As Ross has mentioned, you cannot know the actual value of the expressions you wrote based only on the characteristics of random variables such as mean or a variance. You can only ask for the distribution of these expressions.
E.g. in the case $\xi_n$ (rnd$_n$) are iid random variables, you can use the fact that $ \mathsf E[(1-\xi_i)(1-\xi_j)]=\mathsf E(1-\xi_i)\mathsf E(1-\xi_j) = (\mathsf E(1-\xi_i))^2$ which leads to the fact that $ \mathsf E \pi_N = \frac1N[\mathsf E(1-\xi_1)]^N = \frac{(1-a)^N}{N} $ where $a = \mathsf E\xi_1$. Here I denoted $ \pi_N = \frac{\prod\limits_{n=1}^N(1-\xi_n)}{N}. $
This holds regardless of the distribution of $\xi$, just integrability is needed. In the same way you can also easily calculate the variance of this expression based only on the variance and expectation of $\xi$ (if you want, I can also provide it).

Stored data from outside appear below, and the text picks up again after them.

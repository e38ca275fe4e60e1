// What a check comes to, and the line that tells it.
#![tactic(auto)]

mod verdict;
mod writing;

pub use verdict::{Place, Refusal, Verdict};
pub use writing::{Words, words_of, write_verdict};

Finally, there is a small hope that for the Gaussian r.v. $\xi$ the distribution of this expression will be nice since it includes the products of normal random variables.
On your request: variance.
Recall that for any r.v. $\eta$ holds $V \eta = \mathsf E \eta^2 - (\mathsf E\eta)^2$ hence $\mathsf E\eta^2 = V\eta+(\mathsf E\eta)^2$. As I told, you don't need to know the distribution of $\xi$, just its expectation $a$ and variance $\sigma^2$. Since we already calculated $\mathsf E\pi_N$, we just need to calculate $\mathsf E\pi^2_N$: $ \mathsf E\pi_N^2 = \frac1{N^2}\mathsf E\prod\limits_{n=1}^N(1-\xi_n)^2 = \frac{1}{N^2}\prod\limits_{n=1}^N\mathsf E(1-\xi_n)^2 = \frac{1}{N^2}\left(\mathsf E(1-\xi_1)^2\right)^N. $ Now, $ \mathsf E(1-\xi_1)^2 = \mathsf E(1-2\xi_1+\xi^2_1) = 1-2a+\mathsf E\xi_1^2 = 1-2a+a^2+\sigma^2 = (1-a)^2+\sigma^2 $ and $ \mathsf E\pi_N^2 = \frac{1}{N^2}\left((1-a)^2+\sigma^2\right)^N. $
As a consequence, $ V\pi_N = \frac{1}{N^2}\left[\left((1-a)^2+\sigma^2\right)^N - (1-a)^{2N}\right]. $